Going to vs present continuous: intention vs booking

These sit close together, and the difference is really about how fixed things feel:

  • "I'm going to meet James next week." (An intention — nothing's booked yet.)
  • "I'm meeting James next week." (Booked — calendar invite sent, both of you have agreed a time.)

For careful professional writing, present continuous signals a firmer commitment. "We're reviewing the contract on Friday" reads more definite than "We're going to review the contract on Friday" — worth knowing when you want to sound organised rather than merely hopeful.

Present simple: don't lean on it for casual plans

"Tomorrow I go to London" sounds foreign — too flat for a personal trip. Present simple wants a genuine timetable behind it: "Tomorrow I'm going to London; my train leaves at 7." Notice how the personal decision gets going to, and the timetable fact gets present simple. That split is doing real work.

Common Mistake: Writing "I will study when you will arrive" — using will in the time clause is the classic slip. In clauses with when, before, after, as soon as, English uses a present form, not will: "I'll study when you arrive." This connects into conditional structure proper — see Cluster D, D1 — but it's worth flagging here because it trips people up constantly in professional writing.

Quick recap: - Will vs going to: decided now vs decided earlier; judgement vs evidence in front of you. - Going to vs present continuous: intention vs firm booking. - Reserve present simple for genuine schedules, not personal plans. - Never put will in a time clause after when/before/after/as soon as — that's present-tense territory.

Advanced (Mastery)

This is where the two "reaching back" forms earn their keep — genuinely useful in project plans, forecasts, and anything with a deadline attached.

Future perfect: "will have done"

Picture yourself stood at a specific point in the future, looking back, saying: by the time I get here, this will already be finished.

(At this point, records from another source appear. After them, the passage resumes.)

//! The count of updates that a heap holds.
ghost use Rattle.std.specs.Prelude.{◌≡◌, ◌<◌, ◌≤◌, ℕ, IfOk, IfSome, IsTrue, Some};
ghost use Rattle.rom_device.specs.Device.{OnlyReads};
ghost use Rattle.rom_model.specs.Faults.{HasCause};
ghost use Rattle.rom_header.specs.Held.{Holds};
ghost use Rattle.rom_header.specs.Layout.{words_needed};
ghost use Rattle.rom_name.specs.Identities.{IsCountAnswer, IsHeapFound, IsOwnAnswer, count_at};
ghost use Rattle.rom_header.specs.Headers.{state_word};

use crate::identity::{Identity, read_identity};
use rom_device::{Device, Failed};
use rom_header::{Header, HeaderRefused, State, read_header};
use rom_model::Object;

/// The place of the count in a region.
const COUNT: u64 = 2;

/// Whose updates a heap holds, and how many.
#[derive(Clone, Copy, Debug, PartialEq, Eq)]
pub struct Own {
    pub identity: Identity,
    pub count: u64,
}

/// Where the count of a heap stands.
fn place_of_count(header: &Header) -> u64
    ensures is { result ≡ count_at header.now.geometry (state_word header.now.state) }
    ensures fits { result < words_needed header.now.geometry }
{
    match header.state {
        State::Mutating => header.geometry.back() + COUNT,
        State::Idle | State::Copying => header.geometry.main() + COUNT,
    }
}

/// Reads the header, or says that there is none.
fn find_heap<D: Device>(device: &mut D) -> Result<Option<Header>, Failed>
    ensures answer { IsTrue D.shown.tells_words →
        IfOk result (IsHeapFound (D.shown.words device.old)) }
    ensures fits { IfOk result (λ found. IfSome found (λ header.
        words_needed header.geometry ≤ D.shown.size device.old)) }
    ensures only { OnlyReads D.shown device.old device.new }
    ensures cause { HasCause (D.shown.faults device.old) (D.shown.faults device.new)
        (D.shown.failing device.new) result }
{
    match read_header(device) {
        Ok(header) => Ok(Some(header)),
        Err(HeaderRefused::Device) => Err(Failed),
        Err(_) => Ok(None),
    }
}

/// Reads how many updates the state has behind it that the heap holds; `None` where no heap stands there. What
/// an opening would refuse in the region itself is not looked at.
pub fn read_count<D: Device, O: Object>(device: &mut D) -> Result<Option<u64>, Failed>
    // Where the device tells its words: it is the count of the region that counts, or there is no heap.
    ensures answer { IsTrue D.shown.tells_words →
        IfOk result (IsCountAnswer (D.shown.words device.old)) }
    // So it is the count of the state that the heap holds, of whatever object that is.
    ensures holds { IsTrue D.shown.tells_words → (order : ℕ) (s : O.State) (k : ℕ) →
        Holds O.Contents order (D.shown.words device.old) s k →
        IfOk result (λ count. count ≡ Some k) }
    ensures long { IfOk result (λ count. IfSome count (λ _. 8 ≤ D.shown.size device.old)) }
    ensures only { OnlyReads D.shown device.old device.new }
    // It fails only where the device did, at its last call.
    ensures cause { HasCause (D.shown.faults device.old) (D.shown.faults device.new)
        (D.shown.failing device.new) result }
{
    let Some(header) = find_heap(device)? else {
        return Ok(None);
    };
    let count = device.read(place_of_count(&header))?;
    Ok(Some(count))
}

/// Reads whose updates a heap holds, and how many; `None` where no heap stands there.
pub fn read_own<D: Device, O: Object>(device: &mut D) -> Result<Option<Own>, Failed>
    ensures answer { IsTrue D.shown.tells_words →
        IfOk result (IsOwnAnswer (D.shown.words device.old)) }
    // The count is that of the state that the heap holds.
    ensures holds { IsTrue D.shown.tells_words → (order : ℕ) (s : O.State) (k : ℕ) →
        Holds O.Contents order (D.shown.words device.old) s k →
        IfOk result (λ own. IfSome own (λ o. o.count ≡ k)) }
    ensures long { IfOk result (λ own. IfSome own (λ _. 8 ≤ D.shown.size device.old)) }
    ensures only { OnlyReads D.shown device.old device.new }
    // It fails only where the device did, at its last call.
    ensures cause { HasCause (D.shown.faults device.old) (D.shown.faults device.new)
        (D.shown.failing device.new) result }
{
    let Some(count) = read_count::<D, O>(device)? else {
        return Ok(None);
    };
    let identity = read_identity(device)?;
    Ok(Some(Own { identity, count }))
}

  • "By the end of the year, we will have launched the new website."
  • "By the time you arrive, they will have left."
  • "In ten years' time, I will have paid off my student loan."

Form: will have + past participle, almost always anchored to a time marker (by Friday, by 2030, by the time the meeting starts) — without that anchor, the sentence tends to sound a bit lost.

You'll reach for this constantly in project planning: "By Q3, we'll have implemented the new system." It's the natural language of milestones and deadlines, and it reads far more confident in a status report than a vague "we will implement it eventually."

Future perfect continuous: "will have been doing"

Same idea — standing at a future point looking backward — but the emphasis shifts from finished to how long.

  • "By next March, I will have been working here for ten years."
  • "By the time the course finishes, you will have been studying grammar for six months."

Compare: "By next March, I'll have worked here for ten years" reads like a completed total. "By next March, I'll have been working here for ten years" draws the eye to the long stretch of effort behind it. Honestly, this form gets used less in everyday speech than its simpler cousin — the plain future perfect covers most situations perfectly well — but in more formal or reflective writing, it's the right tool when duration itself is the point you're making.

Pro-Tip: If you're genuinely unsure whether to use the simple or continuous version, default to future perfect simple — "will have done" — it's more common, and nobody will bat an eyelid at it.

Future continuous: "will be doing"

Worth a brief mention alongside these, since it turns up in the same family: an action in progress at a specific future point, rather than finished by it. "This time tomorrow, I'll be sitting on a beach." "At ten tomorrow, we'll be presenting the report." It's also a handy, slightly softer way to ask a question — "Will you be using the meeting room at three?" reads more polite than a bald "Are you using the meeting room?"

Common Mistake: "I will study when you will arrive" — that time-clause slip again, worth restating because it's the single most common error professional writers make with future forms. Correct: "I'll study when you arrive."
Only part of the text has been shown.